What is required: Line by line, transcribe the data shown below.

Records to use:
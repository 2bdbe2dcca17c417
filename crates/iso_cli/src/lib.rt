//! The top call of the program: words, files, and the text that is put.
#![tactic(auto)]

mod audits;
mod checked;
mod demo;
mod files;
mod laws;
mod line;
mod output;
mod program;
mod read;
mod spectra;
mod status;
mod workers;

pub use files::read_table;
pub use laws::one_answer_law;
pub use line::status_text;
pub use program::run;
pub use status::{GridCause, OffCause, Status, TableCause, TableForm};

Answer space:
repository 2bdbe2dcca17c417
filename crates/iso_cli/src/lib.rt
//! The top call of the program: words, files, and the text that is put.
#![tactic(auto)]

mod audits;
mod checked;
mod demo;
mod files;
mod laws;
mod line;
mod output;
mod program;
mod read;
mod spectra;
mod status;
mod workers;

pub use files::read_table;
pub use laws::one_answer_law;
pub use line::status_text;
pub use program::run;
pub use status::{GridCause, OffCause, Status, TableCause, TableForm};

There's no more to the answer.